Think you can hide that out-of-state DWI conviction? Think again

On Behalf of | Feb 9, 2021 | Criminal Defense |

While traveling out of state, you made a mistake one night. A law enforcement officer arrests you on a drunk driving charge. A DWI charge anywhere is nothing to take lightly. You know that you must disclose this news to your spouse. And that you will have to pay the consequences upon a conviction.

But, now, you wonder whether an arrest and conviction will be discovered upon returning home to New York. You expect to wait it out, hoping that this DWI blemish goes undetected. Forget that. This personal and legal trouble follows you to your home state. The state of New York will learn about your predicament. At the same time, New York residents convicted of drunk driving outside the state will suffer comparable penalties at home.

Ontario and Quebec as well

You will not be able to shake a drunk driving conviction, which follows you like a gloomy cloud from state to state as well as from parts of the Canadian border. An increasing number of law enforcement agencies throughout the U.S. share data bases that include information on crimes, arrests and convictions. The state of New York will have little problem finding out about your DWI situation.

And once convicted of DWI outside the state, you face additional penalties in New York.
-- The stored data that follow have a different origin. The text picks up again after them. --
//! A parser: the tokens that are left, and what the limits on nesting count.

ghost use Rattle.std.specs.Prelude.{◌+◌, ◌^◌, ◌<◌, length};

use cmm_lexer::{Token, Tokens};
use std::alloc::Global;

/// A parser with one token in hand. A method takes what it is named for from the front of the tokens that are left.
#[derive(Drop)]
pub(crate) struct Parser<'a> {
    pub(crate) alloc: Global,
    pub(crate) tokens: &'a Tokens,
    pub(crate) rest: &'a [Token],
    /// How many tokens are taken, which is the number of the next.
    pub(crate) taken: u32,
    /// How many brackets are open.
    pub(crate) open: u32,
    /// How many operators the outermost expression has so far.
    pub(crate) operators: u32,
    ghost few: { taken + length rest.now < 2 ^ 32 },
}
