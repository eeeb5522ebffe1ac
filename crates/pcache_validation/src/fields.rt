//! The lines of a field, and its date (RFC 9110 sections 5.2 to 5.6).

ghost use Rattle.std.specs.Prelude.{◌≡◌, Option};
ghost use Rattle.std.specs.Option.{option_copied};
ghost use Rattle.http_header.specs.HeaderMap.{get_all};
ghost use Rattle.pcache_meta.specs.Header.{shown_fields};
ghost use Rattle.pcache_validation.specs.Fields.{bytes_of, date_in, date_of, first, has, only, only_of};

use crate::lists::trim_ows;
use http_header::{HeaderMap, HeaderName, HeaderValue};
use httpdate::HttpDate;

/// The value of the first line of a field.
pub fn first<'a>(fields: &'a HeaderMap, name: &HeaderName) -> Option<&'a HeaderValue>
    ensures { bytes_of (option_copied result) ≡ first (shown_fields fields.now) name.now }
{
    fields.get(name)
}

/// Whether there is such a field.
pub fn has(fields: &HeaderMap, name: &HeaderName) -> bool
    ensures { result ≡ has (shown_fields fields.now) name.now }
{
    first(fields, name).is_some()
}

/// The value of a field that may have one member: that of its line, if it has exactly one.
pub fn only<'a>(fields: &'a HeaderMap, name: &HeaderName) -> Option<&'a HeaderValue>
    ensures { bytes_of (option_copied result) ≡ only (shown_fields fields.now) name.now }
{
    only_value(fields, name)
}

fn only_value<'a>(fields: &'a HeaderMap, name: &HeaderName) -> Option<&'a HeaderValue>
    ensures { option_copied result ≡ only_of (get_all fields.now name.now) }
{
    let mut values = fields.get_all(name).iter();
    let value = values.next()?;
    // Which of two is meant is not known, so there is none: a response is then served whole, or
    // asked for again.
    if values.next().is_some() {
        return None;
    }
    Some(value)
}

/// The second of an HTTP-date, in any of its three formats (RFC 9110 section 5.6.7).
#[tactic(auto, unfolding(crate::specs::Fields::date_in))]
pub fn date_in(value: &[u8]) -> Option<u64>
    ensures { result ≡ date_in value.now }
{
    match HttpDate::parse_ascii(trim_ows(value)) {
        Ok(date) => Some(date.unix_secs()),
        Err(_) => None,
    }
}

/// The second of a field that is a date. Several lines count as none.
pub fn date_of(fields: &HeaderMap, name: &HeaderName) -> Option<u64>
    ensures { result ≡ date_of (shown_fields fields.now) name.now }
{
    date_in(only(fields, name)?.as_bytes())
}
Here is what likely awaits you:

  • Driver’s license revocation a minimum of 90 days: Any New York adult 21 and older faces this penalty if convicted of DWI or driving while on drugs in courts from other states as well as the neighboring Canadian provinces of Ontario and Quebec.
  • Driver’s license revocation a minimum of a year: Drivers under the age of 21 convicted of DWI outside the state and in Ontario and Quebec face harsher penalties. In addition, any alcohol-related conviction for people in this age group leads to the revocation of your driver’s license for at least a year or until that person turns 21, whichever is the longest. For example, an 18-year-old convicted of an alcohol offense must wait three years before he or she can get a driver’s license back.

The short answer is that you cannot hide an out-of-state DWI conviction. New York authorities are bound to discover it, and you will face additional consequences.